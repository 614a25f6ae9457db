//! The law of streams, the contract of a function that does nothing.
ghost use Rattle.event_stream.specs.Laws.{StreamIsTheTrace};

use machine_model::nothing_is_rewritten;

/// A stream that tells all events ends where a replay of them does, and the R lines of each hart, the P
/// lines and the M lines, each in their order, are those of the trace there, and the O lines of each hart
/// are what it put out.
pub fn stream_is_the_trace()
    ensures { StreamIsTheTrace }
{
    nothing_is_rewritten();
}
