//! What each event of a script did, in event order: a stream of lines, those of a trace below the event
//! that made the trace longer by them.
#![tactic(auto)]

mod accesses;
mod closing;
mod disassembly;
mod errors;
mod holding;
mod laws;
mod naming;
mod noting;
mod report;
mod report_writing;
mod spellings;
mod stalls;
mod state;
mod strictness;
mod waits;
mod writing;

pub use coherent_machine;
pub use errors::StreamError;
pub use laws::stream_is_the_trace;
pub use report::{Lengths, Report, action_of, hart_of};
pub use spellings::outcome_name;
pub use state::write_state;
pub use strictness::Strictness;
pub use waits::next_address;
pub use writing::write_stream;
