//! Whether a stream goes on behind an event that changes nothing.
ghost use Rattle.std.specs.Prelude.{◌≡◌};
ghost use Rattle.event_stream.specs.Telling.{ends_at};

/// What an event that changes nothing is to a stream.
#[derive(Clone, Copy, Debug, PartialEq, Eq)]
pub enum Strictness {
    /// It is told like any other.
    Lenient,
    /// The stream ends before it.
    Strict,
}

impl Strictness {
    /// Whether a stream ends at an event behind which as many events have changed the machine as before.
    pub(crate) fn ends_at(self, before: u32, now: u32) -> bool
        ensures { result ≡ ends_at self before now }
    {
        match self {
            Strictness::Lenient => false,
            Strictness::Strict => before == now,
        }
    }
}
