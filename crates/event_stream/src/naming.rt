//! How an address is told by a name.
ghost use Rattle.std.specs.Prelude.{◌≡◌, ◌+◌, ◌≤◌, ◌++◌, length};
ghost use Rattle.elf_symbols.specs.Lookups.{nearest};
ghost use Rattle.elf_symbols.specs.Seen.{near_of};
ghost use Rattle.event_stream.specs.Naming as naming;
ghost use Rattle.text_fields.specs.Pages.{size};

use assembly::spell_assembly;
use elf_symbols::{Place, Symbols};
use rv32_decode::Instr;
use text_fields::{Page, word_text};

/// The digits without leading zeros.
fn without_zeros(digits: &[u8]) -> &[u8]
    ensures value { result.now ≡ naming.without_zeros digits.now }
    ensures len { length result.now ≤ length digits.now }
{
    let mut rest = digits;
    while let [b'0', others @ ..] = rest {
        rest = others;
    }
    rest
}

fn spell_short_hex(page: &mut Page, n: u32)
    requires { length page.old + 8 ≤ size }
    ensures value { page.new ≡ page.old ++ naming.short_hex n }
    ensures len { length page.new ≤ length page.old + 8 }
{
    let text = word_text(n);
    page.text(without_zeros(&text[2..]));
}

/// How far behind a name's address.
fn spell_distance(page: &mut Page, n: u32)
    requires { length page.old + 11 ≤ size }
    ensures value { page.new ≡ page.old ++ naming.distance n }
    ensures len { length page.new ≤ length page.old + 11 }
{
    if n != 0 {
        page.text(b"+0x");
        spell_short_hex(page, n);
    }
}

/// A name with the distance behind it.
fn spell_symbol(page: &mut Page, place: Place<'_>)
    requires room { length page.old + 67 ≤ size }
    requires short { length place.name.now ≤ 56 }
    ensures value { page.new ≡ page.old ++ naming.symbol (near_of place.entry) }
    ensures len { length page.new ≤ length page.old + 67 }
{
    page.text(place.name);
    spell_distance(page, place.offset);
}

/// An address by itself: by its name, or else its digits.
pub(crate) fn spell_address(page: &mut Page, names: &Symbols, address: u32)
    requires { length page.old + 67 ≤ size }
    ensures value { page.new ≡ page.old ++ naming.address names.now address }
    ensures len { length page.new ≤ length page.old + 67 }
{
    match names.nearest(address) {
        Some(place) => spell_symbol(page, place),
        None => page.word(address),
    }
}

fn spell_place(page: &mut Page, place: Place<'_>)
    requires room { length page.old + 69 ≤ size }
    requires short { length place.name.now ≤ 56 }
    ensures value { page.new ≡ page.old ++ naming.place (near_of place.entry) }
    ensures len { length page.new ≤ length page.old + 69 }
{
    page.text(b"<");
    spell_symbol(page, place);
    page.text(b">");
}

/// The name of an address, with a space behind it; without a name nothing.
fn spell_place_before(page: &mut Page, names: &Symbols, address: u32)
    requires { length page.old + 70 ≤ size }
    ensures value { page.new ≡ page.old ++ naming.place_before (nearest names.now address) }
    ensures len { length page.new ≤ length page.old + 70 }
{
    if let Some(place) = names.nearest(address) {
        spell_place(page, place);
        page.text(b" ");
    }
}

/// The name of an address behind a space.
fn spell_place_behind(page: &mut Page, names: &Symbols, address: u32)
    requires { length page.old + 70 ≤ size }
    ensures value { page.new ≡ page.old ++ naming.place_behind (nearest names.now address) }
    ensures len { length page.new ≤ length page.old + 70 }
{
    if let Some(place) = names.nearest(address) {
        page.text(b" ");
        spell_place(page, place);
    }
}

/// Where a JAL or a branch at this address leads.
fn target(instr: &Instr, pc: u32) -> Option<u32>
    ensures { result ≡ naming.target pc instr.now }
{
    match *instr {
        Instr::Jal { offset, .. } => Some(pc.wrapping_add(offset.value())),
        Instr::Branch { offset, .. } => Some(pc.wrapping_add(offset.value())),
        _ => None,
    }
}

/// Appends an instruction at this address, with the names of the address and of where it leads: at most
/// 188 bytes.
pub(crate) fn spell_instruction(page: &mut Page, names: &Symbols, pc: u32, instr: &Instr)
    requires { length page.old + 188 ≤ size }
    ensures value { page.new ≡ page.old ++ naming.instruction names.now pc instr.now }
    ensures len { length page.new ≤ length page.old + 188 }
{
    spell_place_before(page, names, pc);
    spell_assembly(page, instr, Some(pc));
    if let Some(address) = target(instr, pc) {
        spell_place_behind(page, names, address);
    }
}
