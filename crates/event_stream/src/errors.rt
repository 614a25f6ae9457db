//! Why a stream is not whole.

use coherent_machine::ApplyError;
use machine_types::Outcome;
use std::alloc::AllocError;
use std::io::Error;

/// Why a stream is not whole.
#[derive(Debug, Drop)]
pub enum StreamError {
    /// Memory for the machine was refused: nothing was written.
    NoMemory,
    /// The event at this index, from 0, was refused: the stream of the events before it was written.
    Refused(usize, ApplyError),
    /// The event at this index, from 0, came to this and changed nothing: the stream of the events before
    /// it was written.
    Idle(usize, Outcome),
    /// The writer's fault: a beginning of the stream was written.
    Writing(Error),
}

impl From<AllocError> for StreamError {
    ghost use Rattle.std.specs.Prelude.{◌≡◌};
    ghost use Rattle.event_stream.specs.declared.errors.StreamError.TheVariants as stream;

    ghost from_gives = { λ _ e. e ≡ stream.NoMemory };

    fn from(_error: AllocError) -> Self {
        StreamError::NoMemory
    }
}
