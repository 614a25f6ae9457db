//! Writing each hart's H line, with what its next step would come to or why it stopped.
ghost use Rattle.std.specs.Prelude.{◌≡◌, ◌+◌, ◌<◌, ◌≤◌, ◌∷◌, ◌++◌, [], codes, length};
ghost use Rattle.coherent_machine.specs.Machine.{IsReached};
ghost use Rattle.event_stream.specs.Closing as closing;
ghost use Rattle.event_stream.specs.Lines.{disassembled};
ghost use Rattle.text_fields.specs.Fields.{numbered};
ghost use Rattle.text_fields.specs.Pages.{HasLineRoom, Spells, size};
ghost use Rattle.trace_text.specs.Traces.{status_ended};

use crate::naming::spell_instruction;
use crate::spellings::spell_outcome;
use crate::waits::put_waited;
use coherent_machine::{ApplyError, Machine};
use elf_symbols::Symbols;
use hart::{Status, instr_at};
use machine_model::sound_always;
use machine_types::{Event, Outcome};
use rv32_decode::Instr;
use std::io::{self, Write};
use text_fields::Page;
use trace_text::spell_status;

/// Why a hart stopped, by its code.
pub(crate) fn reason(code: u8) -> &'static str
    ensures value { result.now ≡ closing.reason code }
    ensures len { length result.now ≤ 35 }
{
    match code {
        0 => "jump target misaligned",
        1 => "fetch outside memory",
        2 => "illegal instruction",
        3 => "EBREAK",
        4 => "load misaligned",
        5 => "load outside memory",
        6 => "store, LR, SC or AMO misaligned",
        7 => "store, LR, SC or AMO outside memory",
        _ => "unknown call",
    }
}

fn error_name(error: ApplyError) -> &'static str
    ensures value { result.now ≡ closing.error_name error }
    ensures len { length result.now ≤ 8 }
{
    match error {
        ApplyError::BadEvent => "BadEvent",
        ApplyError::Limit => "Limit",
        ApplyError::NoMemory => "NoMemory",
    }
}

fn put_answer<W: Write>(
    page: &mut Page,
    out: &mut W,
    machine: &Machine,
    hart: usize,
    answer: Result<Outcome, ApplyError>,
) -> io::Result<()>
    requires room { length page.old + 36 ≤ size }
    requires hart { hart < length machine.now.views.nodes }
    requires sets { 0 < machine.now.views.config.sets }
    ensures { Spells (W.contents out.old) (W.contents out.new) page.old page.new (closing.answer machine.now hart answer) result }
{
    match answer {
        Ok(outcome) => {
            spell_outcome(page, outcome);
            put_waited(page, out, machine, hart, outcome)
        }
        Err(error) => {
            page.text(error_name(error).as_bytes());
            Ok(())
        }
    }
}

/// An instruction at this address behind a semicolon, where there is one.
fn spell_disassembled(page: &mut Page, names: &Symbols, pc: u32, instr: Option<Instr>)
    requires { length page.old + 191 ≤ size }
    ensures value { page.new ≡ page.old ++ disassembled names.now pc instr }
    ensures len { length page.new ≤ length page.old + 191 }
{
    if let Some(instr) = instr {
        page.text(b" ; ");
        spell_instruction(page, names, pc, &instr);
    }
}

/// The hart's next instruction, and the end of the line.
fn spell_next(page: &mut Page, names: &Symbols, machine: &Machine, hart: usize)
    requires room { HasLineRoom page.old }
    requires hart { hart < length machine.now.views.nodes }
    ensures { page.new ≡ page.old ++ (closing.next_text names.now machine.now hart ++ 10 ∷ []) }
{
    let pc = machine.views().hart(hart).pc;
    spell_disassembled(page, names, pc, instr_at(machine.trace().image(), pc));
    page.text(b"\n");
}

fn put_next<W: Write>(
    page: &mut Page,
    out: &mut W,
    names: &Symbols,
    machine: &Machine,
    hart: usize,
) -> io::Result<()>
    requires { hart < length machine.now.views.nodes }
    ensures { Spells (W.contents out.old) (W.contents out.new) page.old page.new (closing.next_text names.now machine.now hart ++ 10 ∷ []) result }
{
    page.make_room(out)?;
    spell_next(page, names, machine, hart);
    Ok(())
}

/// The beginning of a line on which more stands than in a trace.
fn spell_lead(page: &mut Page, hart: u8, status: Status)
    requires { HasLineRoom page.old }
    ensures value { page.new ≡ page.old ++ (status_ended 32 hart status ++ codes "; ") }
    ensures len { length page.new ≤ length page.old + 51 }
{
    spell_status(page, hart as u64, status, b' ');
    page.text(b"; ");
}

fn put_running<W: Write>(
    page: &mut Page,
    out: &mut W,
    names: &Symbols,
    machine: &Machine,
    hart: u8,
) -> io::Result<()>
    requires hart { hart < length machine.now.views.nodes }
    requires sets { 0 < machine.now.views.config.sets }
    ensures { Spells (W.contents out.old) (W.contents out.new) page.old page.new (closing.closing_line names.now machine.now hart Status.Running) result }
{
    page.make_room(out)?;
    spell_lead(page, hart, Status::Running);
    let answer = machine.foresee(Event::Step { hart });
    put_answer(page, out, machine, hart as usize, answer)?;
    put_next(page, out, names, machine, hart as usize)
}

/// The beginning of the line of a hart that stopped, and why it did.
fn spell_stop(page: &mut Page, hart: u8, code: u8)
    requires { HasLineRoom page.old }
    ensures { page.new ≡ page.old ++ ((status_ended 32 hart (Status.Stopped code) ++ codes "; ") ++ closing.reason code) }
{
    spell_lead(page, hart, Status::Stopped(code));
    page.text(reason(code).as_bytes());
}

fn put_stopped<W: Write>(
    page: &mut Page,
    out: &mut W,
    names: &Symbols,
    machine: &Machine,
    hart: u8,
    code: u8,
) -> io::Result<()>
    requires { hart < length machine.now.views.nodes }
    ensures { Spells (W.contents out.old) (W.contents out.new) page.old page.new (closing.closing_line names.now machine.now hart (Status.Stopped code)) result }
{
    page.make_room(out)?;
    spell_stop(page, hart, code);
    put_next(page, out, names, machine, hart as usize)
}

fn put_exited<W: Write>(
    page: &mut Page,
    out: &mut W,
    names: &Symbols,
    machine: &Machine,
    hart: u8,
    code: u8,
) -> io::Result<()>
    ensures { Spells (W.contents out.old) (W.contents out.new) page.old page.new (closing.closing_line names.now machine.now hart (Status.Exited code)) result }
{
    page.make_room(out)?;
    spell_status(page, hart as u64, Status::Exited(code), b'\n');
    Ok(())
}

/// A hart's H line.
fn put_status<W: Write>(
    page: &mut Page,
    out: &mut W,
    names: &Symbols,
    machine: &Machine,
    hart: u8,
    status: Status,
) -> io::Result<()>
    requires hart { hart < length machine.now.views.nodes }
    requires sets { 0 < machine.now.views.config.sets }
    ensures { Spells (W.contents out.old) (W.contents out.new) page.old page.new (closing.closing_line names.now machine.now hart status) result }
{
    match status {
        Status::Running => put_running(page, out, names, machine, hart),
        Status::Stopped(code) => put_stopped(page, out, names, machine, hart, code),
        Status::Exited(code) => put_exited(page, out, names, machine, hart, code),
    }
}

/// The H lines of a machine. What has no room on the page is handed on.
pub(crate) fn put_statuses<W: Write>(
    page: &mut Page,
    out: &mut W,
    names: &Symbols,
    machine: &Machine,
) -> io::Result<()>
    requires { IsReached machine.now }
    ensures { Spells (W.contents out.old) (W.contents out.new) page.old page.new (numbered (closing.closing_line names.now machine.now) 0 machine.now.trace.statuses) result }
{
    sound_always();
    let mut hart: u8 = 0;
    let mut rest = machine.trace().statuses();
    while let [status, others @ ..] = rest {
        put_status(page, out, names, machine, hart, *status)?;
        hart += 1;
        rest = others;
    }
    Ok(())
}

## [WHAT YOU HAVE TO DO]
Your answer should be the lines of the records that include the word "events".

## [WRITTEN RESPONSE]
/// A stream that tells all events ends where a replay of them does, and the R lines of each hart, the P
    /// Whether a stream ends at an event behind which as many events have changed the machine as before.
    /// The event at this index, from 0, was refused: the stream of the events before it was written.
    /// The event at this index, from 0, came to this and changed nothing: the stream of the events before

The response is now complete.